CCTV-like monitoring code tripping the breaker in a server room

We added monitoring and the server died. More precisely, code added to capture errors more clearly increased GC pressure, stalled the JVM, and cascaded into HikariCP pool exhaustion.

This is a short incident note about that chain, and about the three wrong theories we chased before finding the actual trigger.


Background: Better Error Tracking

We decided to send BusinessException events to Sentry. Until then, those domain exceptions were only logged. We wanted to see how often specific error codes happened in production.

The change looked harmless. We added Sentry capture to GlobalExceptionHandler.handleBusinessException:

@ExceptionHandler(BusinessException.class)
public ResponseEntity<ErrorResponse> handleBusinessException(
        BusinessException ex, HttpServletRequest request) {
    log.warn("BusinessException: code={}, message={}", ex.getCode(), ex.getMessage());

    Sentry.withScope(scope -> {
        scope.setFingerprint(List.of("business-exception", ex.getCode()));
        scope.setTag("error.code", ex.getCode());
        Sentry.captureException(ex);
    });

    return ResponseEntity.status(ex.getStatus())
            .body(ErrorResponse.of(ex));
}

It was not complicated code. Nothing happened for two days after deployment.


The Outage

At around 10 p.m., Grafana alerted that the HikariCP connection pool wait queue was climbing fast. Service latency rose, and connection timeout errors followed.

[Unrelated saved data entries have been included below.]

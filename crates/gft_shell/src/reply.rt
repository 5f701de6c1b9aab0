//! The reply to a line, as far as it is made.
use crate::step::Step;
use gft_core::{NoMemory, Text};
use gft_rules::Refusal;
use std::alloc::Global;

/// The bytes of a reply, where those of the last pipe begin, and whether a refusal is among them.
#[derive(Drop)]
pub struct Reply {
    bytes: Vec<u8>,
    from: usize,
    refused: bool,
}

/// The line of a refusal, without its newline.
fn refusal_line(alloc: Global, refusal: &Refusal, files: &Vec<Text>) -> Result<Text, NoMemory> {
    match refusal.place {
        None => refusal.show(alloc, files),
        Some(place) => {
            if (place.file as usize) < files.len() {
                refusal.show(alloc, files)
            } else {
                // excluded by loading: a place is in a file that is loaded
                Text::from_str(alloc, refusal.rule.text())
            }
        }
    }
}

impl Reply {
    /// The empty reply. It takes no memory.
    pub fn new(alloc: Global) -> Reply {
        Reply {
            bytes: Vec::new(alloc),
            from: 0,
            refused: false,
        }
    }

    /// Begins the reply of the next pipe.
    pub fn begin(&mut self) {
        self.from = self.bytes.len();
    }

    /// Adds a line.
    pub fn add(&mut self, text: &str) -> Result<(), NoMemory> {
        self.bytes.extend_from_slice(text.as_bytes())?;
        self.bytes.push(b'\n')?;
        Ok(())
    }

    /// Puts the line of a refusal in the place of the reply of the pipe. `files` has the names of
    /// the loaded files.
    pub fn refuse(
        &mut self,
        alloc: Global,
        refusal: &Refusal,
        files: &Vec<Text>,
    ) -> Result<(), NoMemory> {
        let line = refusal_line(alloc, refusal, files)?;
        self.bytes.truncate(self.from);
        self.refused = true;
        self.add(line.as_str())
    }

    /// The answer with this reply.
    pub fn into_step(self, quit: bool) -> Step {
        let Reply {
            bytes,
            from: _,
            refused,
        } = self;
        Step {
            reply: bytes,
            refused,
            quit,
        }
    }

    /// Refuses the pipe where nothing is loaded.
    pub fn refuse_line(&mut self, alloc: Global, refusal: &Refusal) -> Result<(), NoMemory> {
        let files = Vec::new(alloc);
        self.refuse(alloc, refusal, &files)
    }
}
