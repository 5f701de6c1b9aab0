//! The session: a line's reply, and what the session holds after it.
#![tactic(auto)]

mod commands;
mod held;
mod item;
mod joining;
mod line;
mod pipe;
mod refusing;
mod reply;
mod session;
mod settings;
mod step;
mod texts;

pub use gft_load::{ImportErr, load_grammar};
pub use session::Session;
pub use step::Step;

The pool exhaustion pattern looked familiar:

  1. Some request holds a connection too long
  2. Waiting threads pile up
  3. Eventually every new request times out

Failure flow from high-volume exception capture to HikariCP timeout


Three Wrong Theories

Theory 1: Slow Query

The first suspect was the database. We checked MySQL processlist and ran EXPLAIN. A few queries had suspicious plans.

We analyzed indexes and optimized the query.

Result: the service stabilized briefly after restart, then failed the same way again. The bad-looking queries were victims of the cascade, not the cause.

Theory 2: Infrastructure Limit

The second suspect was the EC2 instance itself. If a t3.medium with 2 vCPUs was saturated, the JVM could fail to keep up with GC and request threads could stall.

CloudWatch did show CPU rising to 65-98%.

But traffic was not unusually high. “Why only today?” remained unanswered.

Conclusion deferred: CPU looked more like a result than a cause.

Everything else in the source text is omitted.